Jember, Agitasi.id – Tempat Pemrosesan Akhir (TPA) memang terkesan menjadi tempat yang diselimuti oleh bau busuk, air tercemar, dan banyak lalat yang bertebaran. Namun, TPA yang terletak di Desa Kertosari, Kecamatan Pakusari, Jember justru memanfaatkan sampah jadi barang ekonomis.
Pemandangan di dalam TPA Pakusari sebelum menuju ke tempat pembuangan sampah sangatlah asri. TPA Pakusari sudah ada sejak tahun 1992 dengan luas lahan kurang lebih 6,8 hektar yang dikelilingi pesawahan dan perkebunan milik warga. Setiap hari, banyak truk berdatangan mengirim sampah, hingga tumpukan menjulang tinggi seperti gunung.
“Masuknya sampah rata-rata 197 ton per hari dan saat ini ketinggian sudah 27 meter, hampir mencapai 30 meter,” tutur Muhammad Masbut selaku Ketua Pengelola atau Koordinator TPA Pakusari, kepada Agitasi, pada Sabtu (14/06/2025) siang hari.

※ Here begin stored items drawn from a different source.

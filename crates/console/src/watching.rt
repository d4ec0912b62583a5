//! Breakpoints that see another value: at every instruction of the program, with the condition that the value is another one. Of too many for one request
//! only those are set where an instruction of its text can have changed it.

use crate::asking::Answer;
use crate::changers::{Place, Reads};
use crate::console::Console;
use crate::piece::address_text;
use image::FIRST_ADDRESS;
use prompt::Direction;
use protocol::{Command, Entries, InstructionBreakpoint, SetInstructionBreakpointsArguments, Text};
use rv32i::{Instr, decode};
use std::alloc::AllocError;

/// The most breakpoints of one request.
const MOST_WATCHED: usize = 1_024;

impl Console {
    /// Sets breakpoints where the value is another one. Whether that could be done is told.
    pub(crate) fn watch(
        &mut self,
        direction: Direction,
        expression: &str,
        value: u32,
    ) -> Result<bool, AllocError> {
        let Some(places) = self.watched(direction, expression)? else {
            return Ok(false);
        };
        let asked = Command::SetInstructionBreakpoints(SetInstructionBreakpointsArguments {
            breakpoints: Entries::from_vec(self.conditional(&places, expression, value)?),
        });
        match self.ask(asked)? {
            Answer::Done(_) => Ok(true),
            _ => Ok(false),
        }
    }

    // Where the value is looked at: at each instruction or, of too many, where one of them can have changed it.
    fn watched(
        &self,
        direction: Direction,
        expression: &str,
    ) -> Result<Option<Vec<u32>>, AllocError> {
        match self.places(direction, None)? {
            Some(places) => Ok(Some(places)),
            None => self.places(direction, Some(Reads::of(expression))),
        }
    }

    // The address of each instruction, or of where each is seen to have changed what is read. `None`: there are too many.
    fn places(
        &self,
        direction: Direction,
        reads: Option<Reads>,
    ) -> Result<Option<Vec<u32>>, AllocError> {
        let mut places = Vec::new(self.alloc);
        for index in 0..self.words() {
            match self.place(direction, index, reads) {
                Place::At(address) if places.len() < MOST_WATCHED => places.push(address)?,
                Place::Nowhere => {}
                _ => return Ok(None),
            }
        }
        Ok(Some(places))
    }

    fn place(&self, direction: Direction, index: u32, reads: Option<Reads>) -> Place {
        let address = FIRST_ADDRESS.saturating_add(index.saturating_mul(4));
        match (self.instr_at(index), reads) {
            _ if !self.is_code(address) => Place::Nowhere,
            (_, None) => Place::At(address),
            (Some(instr), Some(reads)) => reads.place(direction, address, &instr),
            (None, Some(_)) => Place::Nowhere,
        }
    }

    // The instruction that the image has as the word of an index.
    fn instr_at(&self, index: u32) -> Option<Instr> {
        let image = self.image.as_ref()?;
        let start = usize::try_from(index).ok()?.saturating_mul(4);
        match image.bytes.as_slice().get(start..)? {
            [first, second, third, last, ..] => {
                decode(u32::from_le_bytes([*first, *second, *third, *last]))
            }
            _ => None,
        }
    }

    // Breakpoints at these places, where the value is another one.
    fn conditional(
        &self,
        places: &[u32],
        expression: &str,
        value: u32,
    ) -> Result<Vec<InstructionBreakpoint>, AllocError> {
        let alloc = self.alloc;
        let mut breakpoints = Vec::new(alloc);
        for address in places {
            let condition = format!(in alloc; "({expression}) != {value}")?;
            breakpoints.push(InstructionBreakpoint {
                instruction_reference: Text::from_string(address_text(alloc, *address)?),
                offset: 0,
                condition: Some(Text::from_string(condition)),
                hit_condition: None,
            })?;
        }
        Ok(breakpoints)
    }

    // How many words the image has, at most as many as are looked at.
    fn words(&self) -> u32 {
        match &self.image {
            Some(image) => u32::try_from(image.bytes.as_slice().len().div_ceil(4)).unwrap_or(0),
            None => 0,
        }
    }

    fn is_code(&self, address: u32) -> bool {
        match self.lines() {
            Some(lines) => lines.line_of(address).is_some(),
            None => false,
        }
    }
}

Di balik menggunungnya sampah, di dalam TPA Pakusari juga ada wisata edukasi yang menarik perhatian masyarakat Kabupaten Jember. Terdapat replika dinosaurus dan sepeda Harley yang terbuat dari ban bekas.
Proses daur ulang di TPA Pakusari, dilakukan dengan cara memilah sampah organik dan anorganik yang kemudian dirubah menjadi barang ekonomis. Tempat pemilahan berada pada samping gerbang masuk penimbangan truk pengangkut sampah. Upaya itu dilakukan untuk menghidari pencemaran lingkungan.
“Mekanisme pemilahan sampah ini dilakukan oleh Dinas Lingkungan Hidup (DLH), yaitu berupa pemilahan sampah organik, anorganik, pembuburan sampah, pembuatan kompos dan lain sebagainya, itu dilaksanakan di sini dengan jumlah pekerja sekitar 22 orang,” ujar Masbut.
Terdapat banyak mesin yang digunakan untuk mengolah sampah. Menariknya, di dalam tempat pengolahan, ada ruang khusus untuk budidaya maggot.
“Kami juga melakukan budidaya maggot, sebagai salah satu mekanisme agar sampah organik bisa dimanfaatkan untuk maggot. Lalu manggot itu, juga bisa dimanfaatkan sebagai pakan ternak, sehingga tidak mencemari. Kalau sisa makanan dan lain sebagainya langsung dibuang, nanti akan terjadi fragmentasi kan, yang membuat pencemaran, maka dari itu, kita menggunakan maggot untuk mengurangi sampah organik,” katanya, saat setelah mengisi acara Sarasehan Environtment Day #BeatPlasticPollution.
Adapun untuk sampah anorganik seperti sisa masker, popok bayi (pampers), bungkus makanan, dan botol plastik, diolah menjadi kerajinan indah yang memiliki nilai estetik. Tak hanya indah dilihat, tetapi memiliki fungsi praktis dalam kehidupan sehari-hari, seperti vas bunga, keranjang belanja, dan paving block.
Pemilahan sampah juga dilakukan oleh masyarakat sekitar TPA Pakusari, sebagai pundi-pundi penghasilan untuk memenuhi kehidupannya sehari-hari.
“Kalau yang secara freelance atau dilaksanakan oleh pemulung yang banyak di atas itu (tempat pembuangan sampah). Ada sekitar 134 pemulung untuk memilah sampah, dan sampah yang masih punya nilai mereka jual untuk penghasilan sehari-hari, jadi di sini ada sekitar 134 pemulung tiap hari yang mengurangi jumlah sampah yang menimbun,” ucapnya.